# Try it
Once the line with "true_positions(alloc, &values.block, positions.as_slice())?;" is found in the data, output it and each following line exactly, up to and including the line with "fn is_true(value: ValueRef<'_>) -> bool", and nothing before or after.

# Listed entries
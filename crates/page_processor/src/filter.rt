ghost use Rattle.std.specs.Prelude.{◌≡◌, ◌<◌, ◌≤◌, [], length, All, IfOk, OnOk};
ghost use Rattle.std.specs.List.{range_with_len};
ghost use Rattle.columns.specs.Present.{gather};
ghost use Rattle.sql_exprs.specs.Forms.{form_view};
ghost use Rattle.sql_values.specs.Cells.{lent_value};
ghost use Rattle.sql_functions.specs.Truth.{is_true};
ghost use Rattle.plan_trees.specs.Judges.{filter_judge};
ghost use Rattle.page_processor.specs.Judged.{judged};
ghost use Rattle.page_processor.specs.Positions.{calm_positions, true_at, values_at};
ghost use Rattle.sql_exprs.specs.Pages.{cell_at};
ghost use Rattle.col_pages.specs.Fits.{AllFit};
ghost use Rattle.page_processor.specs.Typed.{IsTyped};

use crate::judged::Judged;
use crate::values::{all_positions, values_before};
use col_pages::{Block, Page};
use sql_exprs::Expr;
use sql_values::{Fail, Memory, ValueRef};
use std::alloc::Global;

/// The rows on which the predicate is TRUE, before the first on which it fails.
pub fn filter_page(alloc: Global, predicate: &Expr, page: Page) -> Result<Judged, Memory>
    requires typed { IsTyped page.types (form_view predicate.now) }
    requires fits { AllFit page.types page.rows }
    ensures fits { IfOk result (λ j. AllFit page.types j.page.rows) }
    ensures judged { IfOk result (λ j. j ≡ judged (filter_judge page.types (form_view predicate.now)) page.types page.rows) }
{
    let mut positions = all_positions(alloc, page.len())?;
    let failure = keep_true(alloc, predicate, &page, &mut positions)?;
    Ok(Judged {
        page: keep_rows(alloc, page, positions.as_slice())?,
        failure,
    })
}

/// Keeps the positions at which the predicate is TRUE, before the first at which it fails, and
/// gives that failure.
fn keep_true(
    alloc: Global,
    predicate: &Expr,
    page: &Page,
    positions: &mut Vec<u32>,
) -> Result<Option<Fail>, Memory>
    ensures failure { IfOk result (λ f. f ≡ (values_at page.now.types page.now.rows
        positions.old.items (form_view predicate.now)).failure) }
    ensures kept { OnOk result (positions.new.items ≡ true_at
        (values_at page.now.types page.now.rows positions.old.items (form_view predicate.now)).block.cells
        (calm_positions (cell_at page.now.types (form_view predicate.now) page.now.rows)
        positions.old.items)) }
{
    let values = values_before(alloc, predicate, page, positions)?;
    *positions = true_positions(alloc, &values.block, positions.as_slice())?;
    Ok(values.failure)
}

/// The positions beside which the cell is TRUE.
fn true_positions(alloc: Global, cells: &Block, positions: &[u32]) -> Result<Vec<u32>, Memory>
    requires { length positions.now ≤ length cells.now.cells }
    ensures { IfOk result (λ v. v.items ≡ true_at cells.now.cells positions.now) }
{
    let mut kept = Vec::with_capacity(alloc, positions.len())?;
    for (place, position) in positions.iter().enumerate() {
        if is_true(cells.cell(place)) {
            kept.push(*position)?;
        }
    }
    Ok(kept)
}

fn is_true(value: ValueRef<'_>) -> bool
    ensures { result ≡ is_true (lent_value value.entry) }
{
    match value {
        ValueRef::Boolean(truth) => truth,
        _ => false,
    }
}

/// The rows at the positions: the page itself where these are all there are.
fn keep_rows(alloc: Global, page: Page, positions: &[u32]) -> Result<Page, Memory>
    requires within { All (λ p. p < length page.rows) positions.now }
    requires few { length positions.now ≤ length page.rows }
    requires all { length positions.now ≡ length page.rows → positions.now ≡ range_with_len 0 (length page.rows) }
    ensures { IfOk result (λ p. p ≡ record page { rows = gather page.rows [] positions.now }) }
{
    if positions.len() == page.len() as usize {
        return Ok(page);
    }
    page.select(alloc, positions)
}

# Output
    *positions = true_positions(alloc, &values.block, positions.as_slice())?;
    Ok(values.failure)
}

/// The positions beside which the cell is TRUE.
fn true_positions(alloc: Global, cells: &Block, positions: &[u32]) -> Result<Vec<u32>, Memory>
    requires { length positions.now ≤ length cells.now.cells }
    ensures { IfOk result (λ v. v.items ≡ true_at cells.now.cells positions.now) }
{
    let mut kept = Vec::with_capacity(alloc, positions.len())?;
    for (place, position) in positions.iter().enumerate() {
        if is_true(cells.cell(place)) {
            kept.push(*position)?;
        }
    }
    Ok(kept)
}

fn is_true(value: ValueRef<'_>) -> bool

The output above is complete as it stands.